Running the matcher in the browser means no participant data ever leaves the researcher's machine — another deliberate piece of the privacy posture. The frontend and CLI share the same Python module (web_api mirrors the file- based coordinator), so any signal works identically in both entry points.
Explanatory PDFs
A separate LaTeX pipeline (version-3/explanatory/) generates one PDF per characteristic match scenario — exact match, rounding discrepancy, scale mismatch, ambiguous match, and MNN not confirmed. Each PDF walks a non- technical reader through the target row, all 20 candidates, a worked distance calculation, a histogram of all candidate distances, and the value each signal takes for that scenario with a plain-English explanation.
These are surfaced from the webapp's "How it works" page so a researcher can see what each flag actually corresponds to in real data.
Runtimes
(Current, on a single laptop core, with the full signals pipeline.)
| Workload | Time |
|---|---|
acs-test (~350 tracts × ~350 tracts) | sub-second |
| Realistic ABCD-scale workload (~70k × 70k target) | does not yet meet the under-2-minute target |
The signals layer added meaningful overhead. Vectorising the distance matrix and the per-row signal loop is the natural next pass and is queued as a high-priority next step (see below). Optimisation has to stay within the brute-force constraint set by the privacy posture.
Strengths and Weaknesses
Strengths
- General-purpose matching: works on any pair of CSVs sharing at least one column. Same code serves both our in-house PEI ↔ ABCD merge and a public release.

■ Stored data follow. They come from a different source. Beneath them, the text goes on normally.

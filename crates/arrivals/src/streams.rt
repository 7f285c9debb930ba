// What each kind of packet does to the stream of its key.
use arrival_desk::Desk;
use refusal::Refusal;

// A start begins an open stream afresh, also where a slot before it is free: its old packets are not handed out, and their words are free.
pub fn restart() -> bool {
    let mut desk = Desk::new();
    desk.keep(0, 0x501E_0841);
    desk.keep(0, 0x501E_0941);
    desk.keep(0, 0x502E_0942);
    desk.refuse(0, 0x502E_0943, Refusal::Room);
    desk.keep(0, 0x501E_0951);
    desk.keep(0, 0x502E_0952);
    desk.refuse(0, 0x502E_0953, Refusal::Room);
    desk.end(0, &[0x501E_0841], 0x503E_0842);
    desk.keep(0, 0x501E_0961);
    desk.keep(0, 0x502E_0962);
    desk.end(0, &[0x501E_0961, 0x502E_0962], 0x503E_0963);
    desk.refuse(0, 0x503E_0963, Refusal::Closed);
    desk.right
}

// A complete packet is handed out and closes the open stream of its key; those of another port, group and stream id stay.
pub fn complete_closes() -> bool {
    let mut desk = Desk::new();
    desk.keep(0, 0x501E_0941);
    desk.keep(1, 0x501E_0951);
    desk.keep(0, 0x511E_0961);
    desk.keep(0, 0x501E_0A71);
    desk.complete(0, 0x500E_0942);
    desk.refuse(0, 0x502E_0943, Refusal::Closed);
    desk.refuse(0, 0x503E_0943, Refusal::Closed);
    desk.end(0, &[0x501E_0A71], 0x503E_0A72);
    desk.end(0, &[0x511E_0961], 0x513E_0962);
    desk.end(1, &[0x501E_0951], 0x503E_0952);
    desk.right
}

// A complete packet without a stream is handed out, and opens none.
pub fn complete_alone() -> bool {
    let mut desk = Desk::new();
    desk.complete(0, 0x500E_0941);
    desk.complete(1, 0x5F01_FF00);
    desk.refuse(0, 0x502E_0942, Refusal::Closed);
    desk.refuse(1, 0x5F3E_FF42, Refusal::Closed);
    desk.right
}

// A complete packet with 3 words of output, and with none: Room. The stream of its key stays open, and goes on.
pub fn complete_without_room() -> bool {
    let mut desk = Desk::new();
    desk.keep(0, 0x501E_0941);
    desk.room = 3;
    desk.refuse(0, 0x500E_0942, Refusal::Room);
    desk.refuse(0, 0x500E_0A42, Refusal::Room);
    desk.room = 0;
    desk.refuse(0, 0x500E_0942, Refusal::Room);
    desk.keep(0, 0x502E_0943);
    desk.room = 12;
    desk.end(0, &[0x501E_0941, 0x502E_0943], 0x503E_0944);
    desk.right
}

// An unexpected end with valid earlier data is an end: the packets are handed out, and the stream is closed.
pub fn valid_end() -> bool {
    let mut desk = Desk::new();
    desk.keep(0, 0x501E_0941);
    desk.keep(1, 0x501E_0951);
    desk.keep(1, 0x502E_0952);
    desk.end(0, &[0x501E_0941], 0x5031_0900);
    desk.refuse(0, 0x5031_0900, Refusal::Closed);
    desk.room = 11;
    desk.refuse(1, 0x5031_0900, Refusal::Room);
    desk.room = 12;
    desk.end(1, &[0x501E_0951, 0x502E_0952], 0x5031_0900);
    desk.right
}

// An end with invalid earlier data drops the stream of its key, and no other; nothing is handed out.
pub fn invalid_end() -> bool {
    let mut desk = Desk::new();
    desk.keep(0, 0x501E_0941);
    desk.keep(0, 0x502E_0942);
    desk.keep(1, 0x501E_0951);
    desk.drop_stream(0, 0x503F_0900);
    desk.refuse(0, 0x502E_0943, Refusal::Closed);
    desk.refuse(0, 0x503E_0943, Refusal::Closed);
    desk.refuse(0, 0x503F_0900, Refusal::Closed);
    desk.end(1, &[0x501E_0951], 0x503E_0952);
    desk.right
}

// It needs no output, and no words. Where anything else is not zero it is refused, and the stream stays.
pub fn invalid_end_alone() -> bool {
    let mut desk = Desk::new();
    desk.keep(0, 0x501E_0941);
    desk.keep(1, 0x501E_0951);
    desk.refuse(1, 0x503F_0901, Refusal::Count);
    desk.room = 0;
    desk.drop_stream(0, 0x503F_0900);
    desk.refuse(0, 0x503F_0900, Refusal::Closed);
    desk.lent = 0;
    desk.drop_stream(1, 0x503F_0900);
    desk.refuse(1, 0x503F_0900, Refusal::Closed);
    desk.right
}

// Continue, end and both unexpected ends without a start; the same where no words and no output are lent, as Closed comes before Room.
pub fn closed() -> bool {
    let mut desk = Desk::new();
    for head in [0x502E_0941, 0x503E_0941, 0x5031_0900, 0x503F_0900] {
        desk.refuse(0, head, Refusal::Closed);
    }
    for head in [0x5F2E_FF41, 0x5F3E_FF41, 0x5F31_FF00, 0x5F3F_FF00] {
        desk.refuse(1, head, Refusal::Closed);
    }
    desk.lent = 0;
    desk.room = 0;
    for head in [0x502E_0041, 0x503E_0041, 0x5031_0000, 0x503F_0000] {
        desk.refuse(0, head, Refusal::Closed);
    }
    desk.right
}

// The same where another port, group and stream id have a start; and after an end.
pub fn closed_beside() -> bool {
    let mut desk = Desk::new();
    desk.keep(0, 0x501E_0941);
    desk.refuse(1, 0x502E_0942, Refusal::Closed);
    desk.refuse(0, 0x512E_0942, Refusal::Closed);
    desk.refuse(0, 0x502E_0A42, Refusal::Closed);
    desk.refuse(1, 0x503E_0942, Refusal::Closed);
    desk.refuse(0, 0x513E_0942, Refusal::Closed);
    desk.refuse(0, 0x503E_0A42, Refusal::Closed);
    desk.end(0, &[0x501E_0941], 0x503E_0942);
    desk.refuse(0, 0x502E_0942, Refusal::Closed);
    desk.refuse(0, 0x503E_0942, Refusal::Closed);
    desk.right
}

- Honest quality reporting: every row carries a plain-English flag string instead of a single composite "match score." Researchers can trace exactly why a row was flagged.

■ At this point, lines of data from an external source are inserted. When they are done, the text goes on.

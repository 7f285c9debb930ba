// How many streams are open: 12 of a port, 16 in all.
use arrival_desk::Desk;
use refusal::Refusal;

// The 13th stream of a port, of any group: Share.
pub fn share() -> bool {
    let mut desk = Desk::new();
    desk.start_twelve(0);
    desk.refuse(0, 0x501E_0C41, Refusal::Share);
    desk.refuse(0, 0x5F1E_0041, Refusal::Share);
    desk.end_four(0, 0x501E_0841);
    desk.end_four(0, 0x501E_0441);
    desk.end_four(0, 0x501E_0041);
    desk.start_twelve(1);
    desk.refuse(1, 0x501E_0C41, Refusal::Share);
    desk.refuse(1, 0x5F1E_0041, Refusal::Share);
    desk.end_four(1, 0x501E_0841);
    desk.right
}

// 12 streams of port 0 and 4 of port 1, and a fifth of port 1: Full.
pub fn full() -> bool {
    let mut desk = Desk::new();
    desk.start_sixteen();
    desk.refuse(1, 0x501E_0441, Refusal::Full);
    desk.end_four(1, 0x501E_0041);
    desk.right
}

// 8 streams of each port, and one more of each: Full.
pub fn full_of_equals() -> bool {
    let mut desk = Desk::new();
    desk.start_four(0, 0x501E_0041);
    desk.start_four(0, 0x501E_0441);
    desk.start_four(1, 0x501E_0041);
    desk.start_four(1, 0x501E_0441);
    desk.refuse(0, 0x501E_0841, Refusal::Full);
    desk.refuse(1, 0x501E_0841, Refusal::Full);
    desk.end_four(0, 0x501E_0441);
    desk.end_four(1, 0x501E_0441);
    desk.right
}

// 16 streams are open and a port holds 12: Share. Both come before Room, which a part of 3 words is too small for.
pub fn order() -> bool {
    let mut desk = Desk::new();
    desk.start_sixteen();
    desk.refuse(0, 0x501E_0C41, Refusal::Share);
    desk.lent = 63;
    desk.refuse(0, 0x501E_0C41, Refusal::Share);
    desk.refuse(1, 0x501E_0441, Refusal::Full);
    desk.refuse(1, 0x501E_0041, Refusal::Room);
    desk.right
}

// Where a port holds 12, the other gets four slots, whichever it is; and again after their end.
pub fn fewer_than_four() -> bool {
    let mut desk = Desk::new();
    desk.start_twelve(1);
    desk.start_four(0, 0x501E_0041);
    desk.refuse(0, 0x501E_0441, Refusal::Full);
    desk.end_four(0, 0x501E_0041);
    desk.start_four(0, 0x501E_0441);
    desk.end_four(1, 0x501E_0041);
    desk.end_four(0, 0x501E_0441);
    desk.right
}

// A stream that is open begins afresh where a port holds 12 and where 16 are open.
pub fn restarts() -> bool {
    let mut desk = Desk::new();
    desk.start_twelve(0);
    desk.keep(0, 0x501E_0B61);
    desk.start_four(1, 0x501E_0041);
    desk.keep(0, 0x501E_0061);
    desk.keep(1, 0x501E_0361);
    desk.end_one(0, 0x501E_0061);
    desk.end_one(0, 0x501E_0B61);
    desk.end_one(1, 0x501E_0361);
    desk.end_one(1, 0x501E_0041);
    desk.right
}

// Of 16 open streams one is ended, dropped, closed by a complete packet: its slot and words are used by another.
pub fn used_again() -> bool {
    let mut desk = Desk::new();
    desk.start_sixteen();
    desk.end_one(0, 0x501E_0541);
    desk.keep(1, 0x501E_2141);
    desk.refuse(1, 0x501E_2241, Refusal::Full);
    desk.drop_stream(0, 0x503F_0600);
    desk.keep(1, 0x501E_2241);
    desk.refuse(1, 0x501E_2341, Refusal::Full);
    desk.complete(0, 0x500E_0741);
    desk.keep(1, 0x501E_2341);
    desk.refuse(1, 0x501E_2441, Refusal::Full);
    desk.end_one(1, 0x501E_2241);
    desk.end_one(1, 0x501E_2341);
    desk.end_one(1, 0x501E_2141);
    desk.end_four(0, 0x501E_0841);
    desk.right
}

// Of 12 streams of a port one is ended, dropped, closed by a complete packet: the port has a slot again.
pub fn share_again() -> bool {
    let mut desk = Desk::new();
    desk.start_twelve(0);
    desk.end_one(0, 0x501E_0041);
    desk.keep(0, 0x501E_0C41);
    desk.refuse(0, 0x501E_0041, Refusal::Share);
    desk.drop_stream(0, 0x503F_0B00);
    desk.keep(0, 0x501E_0041);
    desk.refuse(0, 0x501E_0B41, Refusal::Share);
    desk.complete(0, 0x500E_0141);
    desk.keep(0, 0x501E_0B41);
    desk.refuse(0, 0x501E_0141, Refusal::Share);
    desk.end_one(0, 0x501E_0C41);
    desk.end_one(0, 0x501E_0041);
    desk.end_one(0, 0x501E_0B41);
    desk.right
}

// Complete packets take no slot: where a port holds 12, and where 16 are open.
pub fn complete_takes_none() -> bool {
    let mut desk = Desk::new();
    desk.start_twelve(0);
    desk.complete(0, 0x500E_2041);
    desk.start_four(1, 0x501E_0041);
    desk.complete(0, 0x500E_2041);
    desk.complete(1, 0x500E_2041);
    desk.refuse(1, 0x502E_2041, Refusal::Closed);
    desk.end_four(1, 0x501E_0041);
    desk.right
}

- Browser-based, no data egress: Pyodide runs the matcher locally; participant data never leaves the user's machine.
- Privacy posture is explicit and load-bearing: brute force is deliberate, documented, and tested.
Weaknesses
- The signals are theoretically motivated but not empirically validated against human-labelled match quality.
- The default NNDR threshold (0.8) is borrowed from computer vision (Lowe 2004) and has not been calibrated on tabular census-tract data.
- Performance does not yet hit the realistic ABCD workload target.
- Missing values are silently coerced to zero rather than imputed or flagged.
- The PII safeguard is currently a soft warning and is bypassable.
Next steps
Top priorities (full list in the repo's HANDOFF.md):
- External HIPAA / ethics audit of the matching methodology.
- Harden the PII safeguard beyond a soft warning.
- Performance pass — target ~70k × 70k under 2 minutes, staying brute-force.
- Empirically validate the signals against human-labelled match quality on a sample.
- Source real-population calibration data (target dataset measured independently of the supplemental ACS pool) and rebuild the NNDR calibration script.
- UX overhaul of the webapp's "How it works" page — more visual explainers, full PDFs and detailed glossary moved to a links list.